Back in the Harness
Dealing with the blues upon my return to Australia after my European sojourn was not easily done. Sub zero temps and crushing new blocs was awesome. Coming back to 35degrees and work was sub optimal. But, after deciding that I would do some routes this year there was only one thing for it, get amongst it and get pumped.
The Grampians, located 3 hours west of Melbourne in the almost desert environ of Western-Victoria is one of the most amazing places to climb anywhere, but if its easy clip ups that youre after, you need to look elsewhere. Most of the sport routes in the Grampians require some serious work or some sort of mixed gear or have an old carrot bolt. Ridiculous, but good training I suppose.
It has been about three years since I have actually attempted to get fit and it has showed. But, the long evenings after work, combined with amazing weather was the perfect tonic. After about six weeks I am starting to see some results, but having just booked a ticket to Squamish in ten weeks, it looks like I have a limited window before bouldering takes over again. Added to that, I have been unable to just climb routes and have done a bunch of blocs in the interim, but more on that next time.
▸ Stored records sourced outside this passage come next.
// Copies, built types, the trait `Ty`, conversions, candidates, constructors of structs.
use crate::arguments::{Arguments, Structs, both};
use crate::lines::Lines;
use std::alloc::{AllocError, Global};
use std::io::Write;
use wgsl_types::builtin::{binary_candidate, typecheck_struct_ctor};
use wgsl_types::conv::{
    Convert, convert, convert_all, convert_all_inner_to, convert_all_to, convert_inner,
};
use wgsl_types::syntax::BinaryOperator;
use wgsl_types::ty::{StructType, Ty, try_from_type};
use wgsl_types::typed::Typed;
use wgsl_types::{CallSignature, Type};

pub fn print_types<W: Write>(lines: &mut Lines<W>, arguments: &Arguments) {
    print_structs(lines, &arguments.structs);
    print_built(lines, &arguments.structs.structure);
    print_signatures(lines, arguments);
    print_nested(lines, &arguments.types.nested);
    print_typed(lines, &arguments.types.typed);
    print_conversions(lines, &arguments.types.vectors);
    print_checks(
        lines,
        &arguments.structs.structure,
        &arguments.types.vectors,
    );
}

fn print_structs<W: Write>(lines: &mut Lines<W>, structs: &Structs) {
    let alloc = lines.alloc;
    let Structs {
        member,
        structure,
        ty,
    } = structs;
    lines.copy("Type::clone", ty, ty.clone(alloc));
    lines.copy("StructType::clone", structure, structure.clone(alloc));
    lines.copy("StructMemberType::clone", member, member.clone(alloc));
    lines.value("Type::from_struct", struct_as_type(alloc, structure));
}

fn print_built<W: Write>(lines: &mut Lines<W>, structure: &StructType) {
    let alloc = lines.alloc;
    lines.value("Type::vector", Type::vector(alloc, 3, Type::F16));
    lines.value("Type::matrix", Type::matrix(alloc, 2, 3, Type::F16));
    lines.value("Type::array", Type::array(alloc, Some(4), Type::F16));
    lines.copy("StructType::new", structure, two_vectors(alloc));
}

/// `struct S { a: vec2<u32>, b: vec2<u32> }`
fn two_vectors(alloc: Global) -> Result<StructType, AllocError> {
    let (a, b) = both(
        Type::vector(alloc, 2, Type::U32),
        Type::vector(alloc, 2, Type::U32),
    )?;
    let members = vec![in alloc; ("a", a), ("b", b)]?;
    StructType::new(alloc, "S", members)
}

fn struct_as_type(alloc: Global, structure: &StructType) -> Result<Type, AllocError> {
    Type::from_struct(alloc, structure.clone(alloc)?)
}

fn print_signatures<W: Write>(lines: &mut Lines<W>, arguments: &Arguments) {
    let alloc = lines.alloc;
    let [parameter] = &arguments.templates.element;
    let call = &arguments.call;
    let refusal = &arguments.refusal;
    lines.copy("TpltParam::clone", parameter, parameter.clone(alloc));
    lines.copy("CallSignature::clone", call, call.clone(alloc));
    lines.value(
        "CallSignature::of_call",
        CallSignature::of_call(alloc, "vec2", None, &call.args),
    );
    lines.copy("Error::clone", refusal, refusal.clone(alloc));
}

fn print_nested<W: Write>(lines: &mut Lines<W>, nested: &Type) {
    let alloc = lines.alloc;
    lines.value("ty", nested.ty(alloc));
    lines.value("inner_ty", nested.inner_ty(alloc));
    lines.value("try_from_type", try_from_type(alloc, nested));
    lines.value("concretize", Type::concretize(nested, alloc));
    lines.option("Convert::concretize", Convert::concretize(nested, alloc));
}

fn print_typed<W: Write>(lines: &mut Lines<W>, typed: &Typed) {
    let alloc = lines.alloc;
    let element = typed.ty.inner();
    lines.value("Typed::inner_ty", typed.inner_ty(alloc));
    lines.option(
        "Typed::convert_inner_to",
        type_of(typed.convert_inner_to(alloc, element)),
    );
    lines.option("Typed::concretize", type_of(typed.concretize(alloc)));
}

/// The answer without its line.
fn type_of(answer: Result<Option<Typed>, AllocError>) -> Result<Option<Type>, AllocError> {
    match answer? {
        Some(typed) => Ok(Some(typed.ty)),
        None => Ok(None),
    }
}

fn print_conversions<W: Write>(lines: &mut Lines<W>, vectors: &[Type; 2]) {
    let alloc = lines.alloc;
    let [from, to] = vectors;
    lines.option("convert_to", from.convert_to(alloc, to));
    lines.option("convert_inner_to", from.convert_inner_to(alloc, &Type::F16));
    lines.pair("convert", convert(alloc, from, to));
    lines.pair("convert_inner", convert_inner(alloc, from, to));
    lines.list("convert_all", convert_all(alloc, vectors));
    lines.list("convert_all_to", convert_all_to(alloc, vectors, to));
    lines.list(
        "convert_all_inner_to",
        convert_all_inner_to(alloc, vectors, &Type::U32),
    );
}

fn print_checks<W: Write>(lines: &mut Lines<W>, structure: &StructType, vectors: &[Type; 2]) {
    let alloc = lines.alloc;
    let [lhs, rhs] = vectors;
    lines.candidate(
        "binary_candidate",
        binary_candidate(alloc, BinaryOperator::Addition, lhs, rhs),
    );
    lines.check(
        "typecheck_struct_ctor, refused",
        typecheck_struct_ctor(alloc, structure, &[Type::F32]),
    );
}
In the last couple of weeks I have knocked off a few classics, including Demon Flower 8a+, the Castlereigh Line 8a and Middle Path 7c+. Demon Flower is amazing, a ten move boulder problem in the middle of a route on one of the best cliffs in Victoria. Absolutely Stunning. The Castlereigh Line may well have been unrepeated since its FA in 1992. It is tough and involves some serious clutch dropping, but is a total line. Awesome.